From my experience in coding javascript, I came to realize that as cool as bleeding-edge javascript libraries and full CSS3 and XPath support are, they are fairly slow, particularly when it comes to DOM manipulation.
John Resig recently did a neat benchmark test on different techniques for implementing the getElementsByClassName method (in light of the recent news that Firefox 3 will have its own native implementation). While it gives a good overall idea of what algorithms should be avoided, it would certainly be nicer to just have a copy-and-paste solution that runs the fastest way possible in all major browsers.

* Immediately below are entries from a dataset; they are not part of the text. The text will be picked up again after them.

//! What was heard.
ghost use Rattle.std.specs.Prelude.{◌≡◌, ◌≤◌, ◌+◌, ℕ, List, [], if◌then◌else◌, nat_le, false, Some, None, Option, max, replicate, take, IfOk, IsOk};
ghost use Rattle.std.specs.List.{count_by};
ghost use Rattle.craft_base.specs.Shape.{Shape, members_of};
ghost use Rattle.craft_base.specs.Knowledge as knowledge;
ghost use Rattle.craft_base.specs.Knowledge.{Beat, From, Voted, Matched, Refused, Answered, least_of, votes};
ghost use Rattle.heard_book.specs.Kept.{Hears, Stands};

use crate::window::Window;
use craft_base::{MemberId, OutOfMemory, Shape};
use std::alloc::Global;
use std::marker::Model;

/// The most members that a cluster can have.
pub(crate) const MAX_MEMBERS: usize = 15;

/// What a candidate or a leader knows in its term of the other members: of all that it heard, what is still asked for. It grows
/// with the entries above the settled index alone.
#[derive(Drop)]
pub struct Heard {
    shape: Shape,
    pub(crate) first: u64,
    /// Up to which index each member's log was heard to match, and whether it was.
    pub(crate) matches: [u32; MAX_MEMBERS],
    pub(crate) matched: [bool; MAX_MEMBERS],
    /// The least index that each named in a refusal.
    pub(crate) refused: [Option<u32>; MAX_MEMBERS],
    /// Who granted its vote.
    granted: [bool; MAX_MEMBERS],
    /// Who was heard since the last beat, and since the second last.
    since: [bool; MAX_MEMBERS],
    pub(crate) fresh: [bool; MAX_MEMBERS],
    pub(crate) window: Window,
}

impl Model for Heard {
    ghost use Rattle.heard_book.specs.Kept.{Kept};

    ghost Value = { Kept };

    ghost view = { λ heard. record {
      shape = heard.shape;
      first = heard.first;
      matches = heard.matches;
      matched = heard.matched;
      refused = heard.refused;
      granted = heard.granted;
      since = heard.since;
      fresh = heard.fresh;
      window = heard.window;
    } };
}

impl Heard {
    /// Nothing was heard yet, in a cluster of that shape.
    pub fn new(alloc: Global, shape: &Shape, me: MemberId) -> Result<Heard, OutOfMemory>
        ensures settled { IfOk result (λ new. new.window.settled ≡ 0) }
        ensures nothing { IfOk result (λ new. Stands new shape.now [] 0) }
        ensures succeeds { IsOk result }
    {
        let _ = me;
        Ok(Heard {
            shape: *shape,
            first: 0,
            matches: [0; MAX_MEMBERS],
            matched: [false; MAX_MEMBERS],
            refused: [None; MAX_MEMBERS],
            granted: [false; MAX_MEMBERS],
            since: [false; MAX_MEMBERS],
            fresh: [false; MAX_MEMBERS],
            window: Window::new(alloc),
        })
    }

    /// A leader's tick: who answers from now on is told from who did before.
    pub fn beat(&mut self)
        ensures settled { self.new.window.settled ≡ self.old.window.settled }
        ensures heard { Hears Beat self.old self.new }
    {
        self.fresh = self.since;
        self.since = [false; MAX_MEMBERS];
    }

    /// A member's reply to a candidate.
    pub fn vote(&mut self, from: MemberId, granted: bool)
        ensures settled { self.new.window.settled ≡ self.old.window.settled }
        ensures heard { (last : ℕ) → Hears (From from last (Voted granted)) self.old self.new }
    {
        let place = usize::from(from.number());
        self.granted[place] |= granted;
        self.since[place] = true;
        self.fresh[place] = true;
    }

    /// It begins to lead: from `first` on it sends to those of whose logs nothing is known.
    pub fn lead(&mut self, first: u64, commit: u64)
        ensures settled { self.new.window.settled ≡ max self.old.window.settled commit }
        ensures heard { (shape : Shape) (heard : List knowledge.Heard) (before : ℕ) → Stands self.old shape heard before → Stands self.new shape heard first }
    {
        self.first = first;
        self.window.settle(commit);
    }

    /// A member's log is the node's up to `prev + count`, and it holds whole the entries that the mask names, where the node's
    /// log was as long as that.
    pub fn matched(
        mut self,
        from: MemberId,
        prev: u64,
        count: u8,
        mask: u8,
        last: u64,
    ) -> Result<Heard, OutOfMemory>
        requires { last ≤ 1000000 }
        ensures settled { IfOk result (λ new. new.window.settled ≡ self.window.settled) }
        ensures heard { IfOk result (λ new. Hears (From from last (Matched prev count mask)) self new) }
        ensures in_place { nat_le (prev + count) last ≡ false → IsOk result }
    {
        let place = usize::from(from.number());
        self.since[place] = true;
        self.fresh[place] = true;
        match admitted_end(prev, count, last) {
            None => Ok(self),
            Some(end) => {
                self.matches[place] = self.matches[place].max(end);
                self.matched[place] = true;
                self.window.note_mask(from, prev, mask)?;
                Ok(self)
            }
        }
    }

    /// A member's log isn't the node's; the node may go on from `next`, where its log was as long as that.
    pub fn refused(&mut self, from: MemberId, next: u64, last: u64)
        requires { last ≤ 1000000 }
        ensures settled { self.new.window.settled ≡ self.old.window.settled }
        ensures heard { Hears (From from last (Refused next)) self.old self.new }
    {
        let place = usize::from(from.number());
        self.refused[place] = least_with(self.refused[place], next, last);
        self.since[place] = true;
        self.fresh[place] = true;
    }

    /// A member showed a stretch of its log.
    pub fn answered(&mut self, from: MemberId)
        ensures settled { self.new.window.settled ≡ self.old.window.settled }
        ensures heard { (last : ℕ) → Hears (From from last Answered) self.old self.new }
    {
        let place = usize::from(from.number());
        self.since[place] = true;
        self.fresh[place] = true;
    }

    /// Up to `commit` nobody asks any more who holds which form.
    pub fn settle(&mut self, commit: u64)
        ensures settled { self.new.window.settled ≡ max self.old.window.settled commit }
        ensures heard { (shape : Shape) (heard : List knowledge.Heard) (first : ℕ) → Stands self.old shape heard first → Stands self.new shape heard first }
    {
        self.window.settle(commit);
    }

    /// A candidate's votes, its own among them.
    pub fn votes(&self) -> u8
        ensures { (shape : Shape) (heard : List knowledge.Heard) (first : ℕ) → Stands self.now shape heard first → result ≡ votes shape heard }
    {
        self.count(&self.granted) + 1
    }

    /// How many members of the cluster the flags name.
    pub(crate) fn count(&self, flags: &[bool; MAX_MEMBERS]) -> u8
        ensures value { result ≡ count_by (λ flag. flag) (take (members_of self.now.shape) flags.now) }
        ensures range { result ≤ members_of self.now.shape }
        ensures few { members_of self.now.shape ≤ 15 }
    {
        let members = usize::from(self.shape.members());
        flags[..members].iter().filter(|flag| **flag).count() as u8
    }
}

/// Up to which index a log matches, where the node's own log is that long.
fn admitted_end(prev: u64, count: u8, last: u64) -> Option<u32>
    requires { last ≤ 1000000 }
    ensures { result ≡ (if nat_le (prev + count) last then Some (prev + count) else None) }
{
    if prev > last || u64::from(count) > last - prev {
        return None;
    }
    Some((prev + u64::from(count)) as u32)
}

/// The lesser of what was named in refusals before and `next`, where the node's own log reaches up to it.
fn least_with(known: Option<u32>, next: u64, last: u64) -> Option<u32>
    requires { last ≤ 1000000 }
    ensures { result ≡ least_of (if nat_le next (last + 1) then Some next else None) known }
{
    if next > last + 1 {
        return known;
    }
    let next = next as u32;
    match known {
        None => Some(next),
        Some(least) => Some(next.min(least)),
    }
}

Most libraries have pretty good implementations, but I have yet to see one that is truly optimized for speed. Here's my variation, written with the sole goal of being the fastest possible getElementsByClassName() script:
var getElementsByClassName=function(className,parentNode) { var results = []; //if (document.getElementsByClassName) document.getElementsByClassName(className,parentNode);//this is the code for FF3. Prototype 1.5 doesn't play nice with this code, though. if (document.evaluate) { var query = document.evaluate(".//*[contains(concat(' ', @class, ' '), ' " + className + " ')]", parentNode || document, null, XPathResult.UNORDERED_NODE_SNAPSHOT_TYPE, null); for (var i = 0, length = query.snapshotLength; i < length; i++) results.push(query.snapshotItem(i)); } else { var nodes = (parentNode || document).getElementsByTagName("*"); for (var i = 0, j = 0, length = nodes.length; i < length; i++) { var nodes_i=nodes[i]; if ((" "+nodes_i+" ").indexOf(" "+className+" ") > -1) results[j++] = nodes_i; } } return results; };
Benchmarking
For my test, I created a page with 200 sibling divs, out of which, half had class names. Each test queried the DOM 30 times, 1 second after page load, to minimize interference from network-related threads.
Benchmark results for library equivalents were fairly similar in Firefox (all of them scored somewhere near 190-200ms), but there were large performance differences in Internet Explorer 6. Prototype's implementation was 3 times slower than the script above.
Compared to CSS selector query engines like Prototype's $$() or JQuery, the script above performed between 10 to 20 times better, depending on the browser being tested. (In other words, $$(".my_class") is a big no-no).
The limitations of the script
- It only takes spaces as class separators. No tabs or line feeds. This is the main reason why the script is faster in browsers that don't support document.evaluate
- It assumes a browser, and doesn't check whether the "document" global exists. Rhino would always need to specify the root element anyways.
What makes it fast
- No expensive regular expressions
- document.evaluate delegates all the expensive DOM parsing to the underlying, compiled-code engine, where available.
- Using variables instead of object members cuts down a lot of overhead. A lot of people don't believe me when I say this stuff is important until they actually see the numbers. Just today I got the javascript execution time of an e-commerce site down from 970ms to 180ms simply by fixing a few for loops.
Last thoughts
I personally don't see why anyone would want to separate class names with a tab. Line feeds are even worse since they break the indentation flow and make HTML virtually impossible to read. Sure it's part of the specs, but I'd much rather use a fast and sensible subset.